> _WORK REQUEST_
Establish how many lines in the material include the string "there" and report it as a lone number.
──────── INPUT DATA ────────
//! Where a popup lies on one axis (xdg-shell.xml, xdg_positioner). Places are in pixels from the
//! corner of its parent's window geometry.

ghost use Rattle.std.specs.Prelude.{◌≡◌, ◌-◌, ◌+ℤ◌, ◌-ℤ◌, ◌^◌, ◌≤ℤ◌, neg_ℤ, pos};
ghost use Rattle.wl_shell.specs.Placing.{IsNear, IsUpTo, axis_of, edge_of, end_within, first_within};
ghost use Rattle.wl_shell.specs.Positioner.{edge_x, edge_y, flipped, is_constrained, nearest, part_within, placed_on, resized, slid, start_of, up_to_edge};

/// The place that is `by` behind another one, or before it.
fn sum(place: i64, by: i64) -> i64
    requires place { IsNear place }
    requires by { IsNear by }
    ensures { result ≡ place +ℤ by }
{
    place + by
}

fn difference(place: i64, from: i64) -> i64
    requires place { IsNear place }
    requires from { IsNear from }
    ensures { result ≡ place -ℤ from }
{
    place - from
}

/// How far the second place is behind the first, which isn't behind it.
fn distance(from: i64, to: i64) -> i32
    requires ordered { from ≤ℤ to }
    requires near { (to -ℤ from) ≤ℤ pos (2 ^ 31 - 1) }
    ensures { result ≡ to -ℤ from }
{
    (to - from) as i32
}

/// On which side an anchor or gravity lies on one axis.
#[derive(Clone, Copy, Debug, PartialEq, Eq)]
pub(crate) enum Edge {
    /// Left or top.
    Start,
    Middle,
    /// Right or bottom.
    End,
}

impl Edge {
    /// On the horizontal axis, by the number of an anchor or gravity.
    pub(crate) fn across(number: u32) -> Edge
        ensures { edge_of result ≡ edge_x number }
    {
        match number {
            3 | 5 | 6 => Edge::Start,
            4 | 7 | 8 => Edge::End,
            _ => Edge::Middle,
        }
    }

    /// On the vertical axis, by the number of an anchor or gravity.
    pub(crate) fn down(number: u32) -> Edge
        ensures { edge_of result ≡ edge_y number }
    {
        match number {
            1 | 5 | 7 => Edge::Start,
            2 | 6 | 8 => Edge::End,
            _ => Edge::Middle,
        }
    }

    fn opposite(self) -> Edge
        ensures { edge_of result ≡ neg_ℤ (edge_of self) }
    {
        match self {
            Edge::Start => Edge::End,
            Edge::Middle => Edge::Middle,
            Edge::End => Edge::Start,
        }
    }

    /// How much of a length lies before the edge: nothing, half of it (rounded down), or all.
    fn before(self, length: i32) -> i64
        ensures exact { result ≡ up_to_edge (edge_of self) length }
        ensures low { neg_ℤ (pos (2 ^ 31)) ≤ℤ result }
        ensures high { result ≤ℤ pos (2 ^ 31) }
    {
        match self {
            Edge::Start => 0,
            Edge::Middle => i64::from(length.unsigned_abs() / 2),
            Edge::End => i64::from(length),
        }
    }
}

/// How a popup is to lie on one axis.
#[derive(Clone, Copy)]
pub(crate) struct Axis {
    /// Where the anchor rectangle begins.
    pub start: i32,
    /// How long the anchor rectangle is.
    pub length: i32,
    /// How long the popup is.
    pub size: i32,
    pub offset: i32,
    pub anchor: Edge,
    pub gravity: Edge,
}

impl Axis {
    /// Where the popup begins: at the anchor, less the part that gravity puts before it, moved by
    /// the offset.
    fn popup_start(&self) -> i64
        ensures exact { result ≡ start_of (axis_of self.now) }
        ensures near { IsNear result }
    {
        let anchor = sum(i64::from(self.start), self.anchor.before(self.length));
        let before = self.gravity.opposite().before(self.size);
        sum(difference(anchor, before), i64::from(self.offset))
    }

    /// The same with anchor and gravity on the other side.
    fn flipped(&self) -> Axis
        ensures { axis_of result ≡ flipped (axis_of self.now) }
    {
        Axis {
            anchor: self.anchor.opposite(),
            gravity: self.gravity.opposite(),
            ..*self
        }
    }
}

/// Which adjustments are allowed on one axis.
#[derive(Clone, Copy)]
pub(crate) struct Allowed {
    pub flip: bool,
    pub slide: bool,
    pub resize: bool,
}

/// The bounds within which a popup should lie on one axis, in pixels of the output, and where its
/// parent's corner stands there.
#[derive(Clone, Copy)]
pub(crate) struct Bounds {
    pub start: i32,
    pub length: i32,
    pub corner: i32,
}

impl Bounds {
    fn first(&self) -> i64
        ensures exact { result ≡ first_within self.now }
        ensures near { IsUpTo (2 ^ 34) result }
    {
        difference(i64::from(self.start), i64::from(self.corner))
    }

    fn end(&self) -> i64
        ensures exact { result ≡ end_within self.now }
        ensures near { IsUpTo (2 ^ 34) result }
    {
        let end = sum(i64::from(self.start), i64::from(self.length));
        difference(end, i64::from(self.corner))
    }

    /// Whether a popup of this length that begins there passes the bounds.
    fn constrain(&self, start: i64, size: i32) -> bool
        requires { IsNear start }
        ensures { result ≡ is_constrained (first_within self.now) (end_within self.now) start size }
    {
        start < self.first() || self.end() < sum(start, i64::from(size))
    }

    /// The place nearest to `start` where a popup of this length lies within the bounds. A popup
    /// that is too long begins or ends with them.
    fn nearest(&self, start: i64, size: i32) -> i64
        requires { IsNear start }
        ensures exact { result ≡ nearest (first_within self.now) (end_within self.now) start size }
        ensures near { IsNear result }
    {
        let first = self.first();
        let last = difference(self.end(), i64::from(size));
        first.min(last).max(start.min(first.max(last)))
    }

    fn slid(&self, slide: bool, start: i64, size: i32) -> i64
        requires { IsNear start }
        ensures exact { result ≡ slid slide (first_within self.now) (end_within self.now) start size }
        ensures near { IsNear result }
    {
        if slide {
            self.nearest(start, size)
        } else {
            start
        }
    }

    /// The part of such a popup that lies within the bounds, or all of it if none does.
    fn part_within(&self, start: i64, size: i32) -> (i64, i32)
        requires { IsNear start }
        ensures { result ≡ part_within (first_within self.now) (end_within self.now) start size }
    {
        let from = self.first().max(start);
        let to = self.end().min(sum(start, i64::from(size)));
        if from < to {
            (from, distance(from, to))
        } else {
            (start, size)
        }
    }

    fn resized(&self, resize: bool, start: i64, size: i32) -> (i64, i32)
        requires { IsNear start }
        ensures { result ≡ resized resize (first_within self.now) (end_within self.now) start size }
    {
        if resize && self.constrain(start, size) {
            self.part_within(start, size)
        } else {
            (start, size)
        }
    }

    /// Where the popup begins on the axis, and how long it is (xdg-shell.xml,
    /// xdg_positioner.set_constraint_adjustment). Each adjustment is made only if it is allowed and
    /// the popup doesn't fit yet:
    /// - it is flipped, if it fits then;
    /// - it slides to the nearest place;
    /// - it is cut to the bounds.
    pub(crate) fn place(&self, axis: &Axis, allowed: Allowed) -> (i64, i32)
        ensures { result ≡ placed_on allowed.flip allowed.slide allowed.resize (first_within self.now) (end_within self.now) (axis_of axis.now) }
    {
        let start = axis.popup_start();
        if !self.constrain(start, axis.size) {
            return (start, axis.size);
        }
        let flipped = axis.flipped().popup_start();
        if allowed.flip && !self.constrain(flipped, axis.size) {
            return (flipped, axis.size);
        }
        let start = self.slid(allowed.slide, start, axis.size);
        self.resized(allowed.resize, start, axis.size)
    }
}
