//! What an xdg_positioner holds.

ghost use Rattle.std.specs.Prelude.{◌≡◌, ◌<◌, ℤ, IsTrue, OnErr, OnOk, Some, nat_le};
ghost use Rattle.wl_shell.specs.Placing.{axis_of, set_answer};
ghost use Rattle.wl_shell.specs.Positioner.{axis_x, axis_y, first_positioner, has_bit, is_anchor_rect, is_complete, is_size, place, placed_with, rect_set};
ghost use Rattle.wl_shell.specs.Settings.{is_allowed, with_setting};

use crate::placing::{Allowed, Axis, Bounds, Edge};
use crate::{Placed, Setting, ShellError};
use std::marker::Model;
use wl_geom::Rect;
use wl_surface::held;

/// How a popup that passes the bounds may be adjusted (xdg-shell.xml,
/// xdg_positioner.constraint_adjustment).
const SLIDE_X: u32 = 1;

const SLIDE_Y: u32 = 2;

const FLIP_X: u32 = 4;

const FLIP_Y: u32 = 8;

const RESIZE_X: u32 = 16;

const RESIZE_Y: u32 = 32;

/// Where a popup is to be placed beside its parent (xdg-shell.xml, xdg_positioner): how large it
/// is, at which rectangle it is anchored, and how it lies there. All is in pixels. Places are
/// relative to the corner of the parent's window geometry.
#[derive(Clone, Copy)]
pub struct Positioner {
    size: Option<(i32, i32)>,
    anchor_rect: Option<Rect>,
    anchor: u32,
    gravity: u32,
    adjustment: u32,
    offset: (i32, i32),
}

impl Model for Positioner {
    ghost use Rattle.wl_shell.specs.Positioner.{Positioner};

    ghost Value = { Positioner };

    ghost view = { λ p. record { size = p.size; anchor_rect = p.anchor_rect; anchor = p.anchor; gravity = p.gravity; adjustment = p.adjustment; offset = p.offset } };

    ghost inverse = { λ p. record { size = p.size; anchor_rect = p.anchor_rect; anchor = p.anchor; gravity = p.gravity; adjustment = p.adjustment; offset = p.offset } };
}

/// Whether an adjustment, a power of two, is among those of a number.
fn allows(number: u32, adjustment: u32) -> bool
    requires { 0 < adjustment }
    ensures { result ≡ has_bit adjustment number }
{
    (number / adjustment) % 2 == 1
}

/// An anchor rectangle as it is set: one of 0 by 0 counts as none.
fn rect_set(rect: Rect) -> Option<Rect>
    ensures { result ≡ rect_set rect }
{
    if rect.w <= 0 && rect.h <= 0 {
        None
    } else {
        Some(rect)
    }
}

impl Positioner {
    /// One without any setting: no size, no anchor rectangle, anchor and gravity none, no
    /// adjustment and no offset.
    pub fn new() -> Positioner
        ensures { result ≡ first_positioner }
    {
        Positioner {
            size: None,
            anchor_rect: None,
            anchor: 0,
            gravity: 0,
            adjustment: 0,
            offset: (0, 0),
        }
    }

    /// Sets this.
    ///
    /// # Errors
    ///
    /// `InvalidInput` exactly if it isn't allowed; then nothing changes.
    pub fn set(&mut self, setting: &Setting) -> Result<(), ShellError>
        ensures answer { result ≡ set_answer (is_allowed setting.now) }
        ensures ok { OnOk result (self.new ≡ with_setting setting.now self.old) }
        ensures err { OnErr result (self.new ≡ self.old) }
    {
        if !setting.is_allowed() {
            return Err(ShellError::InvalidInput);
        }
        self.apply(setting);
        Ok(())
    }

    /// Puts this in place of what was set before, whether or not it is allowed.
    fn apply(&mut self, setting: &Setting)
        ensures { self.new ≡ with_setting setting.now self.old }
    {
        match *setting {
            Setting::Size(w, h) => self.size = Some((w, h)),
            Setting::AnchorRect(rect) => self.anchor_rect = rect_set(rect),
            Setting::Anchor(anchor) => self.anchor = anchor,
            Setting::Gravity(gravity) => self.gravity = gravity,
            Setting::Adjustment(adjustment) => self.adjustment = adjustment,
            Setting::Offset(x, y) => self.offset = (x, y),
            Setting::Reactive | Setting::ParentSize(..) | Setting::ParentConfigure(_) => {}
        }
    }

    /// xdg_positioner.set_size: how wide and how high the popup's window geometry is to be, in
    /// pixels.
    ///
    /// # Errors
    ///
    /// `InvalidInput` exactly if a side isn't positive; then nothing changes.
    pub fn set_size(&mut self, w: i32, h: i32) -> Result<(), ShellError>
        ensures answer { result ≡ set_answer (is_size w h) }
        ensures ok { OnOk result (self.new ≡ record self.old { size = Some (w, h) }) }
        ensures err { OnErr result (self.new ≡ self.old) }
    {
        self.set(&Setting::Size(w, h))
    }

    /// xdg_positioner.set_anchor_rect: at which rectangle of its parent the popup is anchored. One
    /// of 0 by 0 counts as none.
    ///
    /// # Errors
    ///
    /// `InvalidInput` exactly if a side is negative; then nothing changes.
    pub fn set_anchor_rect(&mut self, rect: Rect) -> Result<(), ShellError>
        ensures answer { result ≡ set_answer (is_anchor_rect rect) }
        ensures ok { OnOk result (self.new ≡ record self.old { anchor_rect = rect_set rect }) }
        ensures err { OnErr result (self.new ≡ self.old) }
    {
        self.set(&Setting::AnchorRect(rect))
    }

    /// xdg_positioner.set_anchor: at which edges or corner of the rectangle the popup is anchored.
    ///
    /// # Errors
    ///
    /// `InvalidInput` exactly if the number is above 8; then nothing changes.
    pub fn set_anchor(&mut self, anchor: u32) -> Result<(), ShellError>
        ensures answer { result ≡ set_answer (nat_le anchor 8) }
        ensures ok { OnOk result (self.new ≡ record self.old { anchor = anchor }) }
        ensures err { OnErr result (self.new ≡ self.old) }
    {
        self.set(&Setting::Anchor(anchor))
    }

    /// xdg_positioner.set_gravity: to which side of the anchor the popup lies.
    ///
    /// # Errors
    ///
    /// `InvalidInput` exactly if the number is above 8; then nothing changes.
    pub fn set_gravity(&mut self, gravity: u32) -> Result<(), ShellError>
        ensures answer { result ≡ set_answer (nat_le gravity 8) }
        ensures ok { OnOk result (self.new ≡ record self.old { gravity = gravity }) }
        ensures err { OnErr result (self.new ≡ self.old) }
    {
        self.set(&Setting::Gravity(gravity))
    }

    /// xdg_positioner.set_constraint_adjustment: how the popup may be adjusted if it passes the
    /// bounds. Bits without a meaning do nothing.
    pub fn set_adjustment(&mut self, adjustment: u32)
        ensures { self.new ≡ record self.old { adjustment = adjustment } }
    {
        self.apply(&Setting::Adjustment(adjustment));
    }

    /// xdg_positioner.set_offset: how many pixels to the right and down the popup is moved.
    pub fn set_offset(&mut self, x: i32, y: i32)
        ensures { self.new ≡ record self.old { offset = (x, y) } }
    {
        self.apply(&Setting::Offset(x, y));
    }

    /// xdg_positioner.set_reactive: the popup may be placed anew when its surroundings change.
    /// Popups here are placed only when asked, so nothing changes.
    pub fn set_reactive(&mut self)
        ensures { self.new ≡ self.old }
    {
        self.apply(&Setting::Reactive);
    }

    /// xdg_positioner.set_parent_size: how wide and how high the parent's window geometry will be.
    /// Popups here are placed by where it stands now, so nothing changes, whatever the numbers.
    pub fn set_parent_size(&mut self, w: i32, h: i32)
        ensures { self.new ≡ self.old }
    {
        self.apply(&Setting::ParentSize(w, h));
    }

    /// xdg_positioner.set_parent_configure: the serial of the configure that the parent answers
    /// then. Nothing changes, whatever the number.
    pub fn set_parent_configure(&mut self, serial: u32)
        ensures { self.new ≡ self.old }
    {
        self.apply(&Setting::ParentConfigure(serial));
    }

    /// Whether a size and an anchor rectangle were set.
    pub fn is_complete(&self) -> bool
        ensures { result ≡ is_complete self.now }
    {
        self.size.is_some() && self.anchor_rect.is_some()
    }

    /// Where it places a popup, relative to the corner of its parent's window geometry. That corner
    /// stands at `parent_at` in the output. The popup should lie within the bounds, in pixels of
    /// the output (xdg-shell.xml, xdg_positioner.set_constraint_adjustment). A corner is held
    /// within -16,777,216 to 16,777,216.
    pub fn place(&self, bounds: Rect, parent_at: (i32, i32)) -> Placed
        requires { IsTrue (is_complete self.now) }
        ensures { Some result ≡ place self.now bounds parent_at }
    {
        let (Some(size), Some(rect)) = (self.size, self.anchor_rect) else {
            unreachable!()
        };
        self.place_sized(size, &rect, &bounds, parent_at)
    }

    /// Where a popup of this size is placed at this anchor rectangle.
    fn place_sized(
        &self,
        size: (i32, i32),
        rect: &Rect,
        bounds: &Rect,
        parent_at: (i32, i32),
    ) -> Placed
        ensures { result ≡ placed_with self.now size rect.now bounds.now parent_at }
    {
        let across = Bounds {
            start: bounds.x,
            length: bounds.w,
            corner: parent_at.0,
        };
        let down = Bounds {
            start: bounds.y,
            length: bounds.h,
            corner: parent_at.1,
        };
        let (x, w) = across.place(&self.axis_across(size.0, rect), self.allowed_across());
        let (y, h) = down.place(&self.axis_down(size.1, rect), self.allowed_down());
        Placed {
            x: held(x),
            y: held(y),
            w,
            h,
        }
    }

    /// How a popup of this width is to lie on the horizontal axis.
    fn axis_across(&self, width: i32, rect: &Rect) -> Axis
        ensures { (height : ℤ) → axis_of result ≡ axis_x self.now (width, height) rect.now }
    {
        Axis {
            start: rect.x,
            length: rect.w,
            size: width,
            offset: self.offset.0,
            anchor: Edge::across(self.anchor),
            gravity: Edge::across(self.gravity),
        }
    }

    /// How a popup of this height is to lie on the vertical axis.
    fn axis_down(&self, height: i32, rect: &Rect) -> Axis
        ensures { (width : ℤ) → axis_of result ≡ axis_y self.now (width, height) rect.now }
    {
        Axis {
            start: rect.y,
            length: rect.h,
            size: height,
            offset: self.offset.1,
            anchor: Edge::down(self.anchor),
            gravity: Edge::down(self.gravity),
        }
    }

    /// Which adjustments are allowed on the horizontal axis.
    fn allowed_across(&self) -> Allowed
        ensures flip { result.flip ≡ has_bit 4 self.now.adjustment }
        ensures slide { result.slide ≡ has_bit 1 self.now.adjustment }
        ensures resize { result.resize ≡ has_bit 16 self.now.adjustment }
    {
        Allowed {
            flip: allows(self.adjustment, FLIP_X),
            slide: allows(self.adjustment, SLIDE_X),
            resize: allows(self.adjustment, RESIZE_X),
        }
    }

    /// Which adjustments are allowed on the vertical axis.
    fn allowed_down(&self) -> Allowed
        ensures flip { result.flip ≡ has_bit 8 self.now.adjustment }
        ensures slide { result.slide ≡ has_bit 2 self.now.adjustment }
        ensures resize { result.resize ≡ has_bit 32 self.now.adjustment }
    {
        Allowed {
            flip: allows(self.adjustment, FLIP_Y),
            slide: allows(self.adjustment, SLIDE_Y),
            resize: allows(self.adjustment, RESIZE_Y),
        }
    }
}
────────
> _SOLUTION_
3